Among other differences, for the 16000 distinct value segment we see:

Bitpack Data Header:

Bitpack Entry Size = 16
Bitpack Unit Count = 0
Bitpack MinId = 3
Bitpack DataSize = 0

But for the 17000 distinct value segment we see:

Bitpack Data Header:
Bitpack Entry Size = 16
Bitpack Unit Count = 262144
Bitpack MinId = 3
Bitpack DataSize = 2097152

Perhaps bitpack compressed data is not eligible for aggregate pushdown?

It’s important to note that segments are not compressed independently in SQL Server, despite the data being stored at a column level. For the AP_1_RG table we’re eligible for pushdown when aggregating by ID1 or ID2. However, if I truncate the table and change the data slightly:

TRUNCATE TABLE dbo.AP_1_RG;

INSERT INTO dbo.AP_1_RG WITH (TABLOCK)
SELECT
t.RN % 8000
, t.RN % 8001 -- was previously 8000
, 0
FROM
(
	SELECT TOP (1048576) ROW_NUMBER()
		OVER (ORDER BY (SELECT NULL)) RN
	FROM master..spt_values t1
	CROSS JOIN master..spt_values t2
	CROSS JOIN master..spt_values t3
) t
OPTION (MAXDOP 1);

Now both columns are no longer eligible for aggregate pushdown. A REBUILD operation on the table does not help. Tricking SQL Server into assigning more memory to the columnstore compression also does not help.

Pushdown Surprises

During testing I was surprised by a few queries that supported aggregate pushdown. The most surprising was that the following query can get aggregate pushdown:

SELECT MAX(ID + ID2)
FROM dbo.AP_1_RG;

I have no idea how it works, but it does. For a few others, TABLESAMPLE does not prevent aggregate pushdown from happening. In addition, GROUP BY CUBE, GROUPING SETS, and ROLLUP are supported as well.

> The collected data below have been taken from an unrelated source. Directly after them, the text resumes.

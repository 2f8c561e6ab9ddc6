//! What the lines of a script are answered.

ghost use Rattle.std.specs.Prelude.{◌≡◌};
ghost use Rattle.scenario.specs.Told.{acquire_told, blockers_told, cancel_told, level_told, list_told, queue_told, unlock_told, waiters_told};

use lock_manager::{
    Acquired, Asked, Blocker, Listing, Mode, QueueRow, Refusal, SessionId, SlotRow, TableRow, Tag,
    Unlocked,
};
use lock_script::{Name, NamedObject};

/// What a session is answered: the answer to a line of the session, or that the session goes on after a wait.
#[derive(Clone, Copy, Debug, PartialEq, Eq)]
pub enum Said {
    /// The session was opened, with its number and its database.
    Opened {
        session: SessionId,
        database: u32,
    },
    /// The session has the lock that it asked for.
    Acquired(Acquired),
    /// The session waits for the lock that it asked for.
    Waits,
    /// The session waited, and has its lock.
    GrantedAfterWaiting,
    /// The session waited, and was asked to stop.
    Cancelled,
    /// The other session, of this name, waits, and was asked to stop waiting.
    Asked(Name),
    /// Whether somebody waits for what the session holds.
    Waiters(bool),
    /// The session gave one count of a lock back.
    Unlocked(Unlocked),
    /// The session gave its advisory locks back. The number counts the modes on objects that the session has
    /// no longer.
    UnlockedAll(u32),
    /// The session's transaction ended with success.
    Committed,
    /// The session's transaction ended with failure.
    Aborted,
    /// The session was closed, and has no locks any more.
    Closed,
    /// The session's transaction is nested at this level: 1 where no transaction is nested in another.
    Level(u8),
    /// How often each owner of the session has a lock.
    Owned {
        of_transaction: u16,
        of_session: u16,
    },
    /// The session gave back a lock that it doesn't own in this mode.
    NotOwned(Mode),
    /// The session's call was refused.
    Refused(Refusal),
}

/// A line of an answer that is said to no session: of a listing or a wait queue, for example.
#[derive(Clone, Copy, Debug, PartialEq, Eq)]
pub enum Row {
    /// A lock in a fast-path slot.
    Slot(SlotRow),
    /// A lock in the shared lock table, or a wait for one.
    Table(TableRow),
    /// How many rows a listing has.
    Rows(u64),
    /// A wait in a wait queue.
    Wait(QueueRow),
    /// How many waits a wait queue has.
    Waits(u64),
    /// A blocker: a session in the way of the session of this name.
    InTheWay(Name, Blocker),
    /// The session of this name doesn't wait, so that nothing was asked of it.
    NotWaiting(Name),
    /// What the strong lock counter with this index shows.
    Counter { index: u16, shown: u64 },
    /// An object, whose hash is shown.
    Hash(Tag),
    /// An object was given a name.
    Named(NamedObject),
}

/// What a line of a script is answered.
#[derive(Drop)]
pub enum Answer {
    /// What is said to the session of this name.
    Said(Name, Said),
    /// One row alone, which is said to no session.
    Row(Row),
    /// All that is held and awaited.
    Listing(Listing),
    /// The waits on an object, in the order of its queue.
    Queue(Vec<QueueRow>),
    /// The sessions in the way of the session of this name.
    Blockers(Name, Vec<Blocker>),
    /// The script's own memory didn't suffice, which ends the script.
    NoMemory,
}

/// The script's answer to the session `name` for an acquire that doesn't wait, where the library's call
/// returned `answer`.
pub fn of_acquire(name: Name, answer: Result<Acquired, Refusal>) -> Answer
    ensures { result ≡ acquire_told name answer }
{
    match answer {
        Ok(acquired) => Answer::Said(name, Said::Acquired(acquired)),
        Err(refusal) => Answer::Said(name, Said::Refused(refusal)),
    }
}

/// The script's answer to the session `name` for a release of `mode`, where the library's call returned
/// `answer`.
pub fn of_unlock(name: Name, mode: Mode, answer: Result<Unlocked, Refusal>) -> Answer
    ensures { result ≡ unlock_told name mode answer }
{
    match answer {
        Ok(unlocked) => Answer::Said(name, Said::Unlocked(unlocked)),
        Err(_) => Answer::Said(name, Said::NotOwned(mode)),
    }
}

/// The script's answer to the session `name`, which has `mode`, for a look whether somebody waits for that,
/// where the library's call returned `answer`.
pub fn of_waiters(name: Name, mode: Mode, answer: Result<bool, Refusal>) -> Answer
    ensures { result ≡ waiters_told name mode answer }
{
    match answer {
        Ok(is_awaited) => Answer::Said(name, Said::Waiters(is_awaited)),
        Err(_) => Answer::Said(name, Said::NotOwned(mode)),
    }
}

/// The script's answer to the session `name` for a call that changes the nesting level of its transaction,
/// where the library's call returned `answer`.
pub fn of_level(name: Name, answer: Result<u8, Refusal>) -> Answer
    ensures { result ≡ level_told name answer }
{
    match answer {
        Ok(level) => Answer::Said(name, Said::Level(level)),
        Err(refusal) => Answer::Said(name, Said::Refused(refusal)),
    }
}

/// The script's answer to the session `name`, which asked `other` to stop waiting: `asked` says whether
/// `other` waited.
pub fn of_cancel(name: Name, other: Name, asked: Asked) -> Answer
    ensures { result ≡ cancel_told name other asked }
{
    match asked {
        Asked::Waiting => Answer::Said(name, Said::Asked(other)),
        Asked::NotWaiting => Answer::Row(Row::NotWaiting(other)),
    }
}

/// The script's answer for a listing that the session `name` asked for, where the library's call returned
/// `answer`.
pub fn of_list(name: Name, answer: Result<Listing, Refusal>) -> Answer
    ensures { result ≡ list_told name answer }
{
    match answer {
        Ok(listing) => Answer::Listing(listing),
        Err(refusal) => Answer::Said(name, Said::Refused(refusal)),
    }
}

/// The script's answer for a wait queue that the session `name` asked for, where the library's call returned
/// `answer`.
pub fn of_queue(name: Name, answer: Result<Vec<QueueRow>, Refusal>) -> Answer
    ensures { result ≡ queue_told name answer }
{
    match answer {
        Ok(rows) => Answer::Queue(rows),
        Err(refusal) => Answer::Said(name, Said::Refused(refusal)),
    }
}

/// The script's answer for a look of the session `name` at those in the way of `other`, where the library's
/// call returned `answer`.
pub fn of_blockers(name: Name, other: Name, answer: Result<Vec<Blocker>, Refusal>) -> Answer
    ensures { result ≡ blockers_told name other answer }
{
    match answer {
        Ok(found) => Answer::Blockers(other, found),
        Err(refusal) => Answer::Said(name, Said::Refused(refusal)),
    }
}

Changes with SQL Server 2017

I ran the same series of tests on SQL Server 2017 RC1. The only difference I observed was that I could no longer get a trivial plan without batch mode aggregation. This change was announced here by Microsoft.

Final Thoughts

As you can see, there are many undocumented restrictions around aggregate pushdown. These limits may be changed or go away as Microsoft continues to update SQL Server. Pushdown with GROUP BY is supported for some queries against some tables, but eligibility appears to be based on how the data is compressed, which cannot be predicted ahead of time. In my opinion, this makes it rather difficult to count on in practice. Thanks for reading!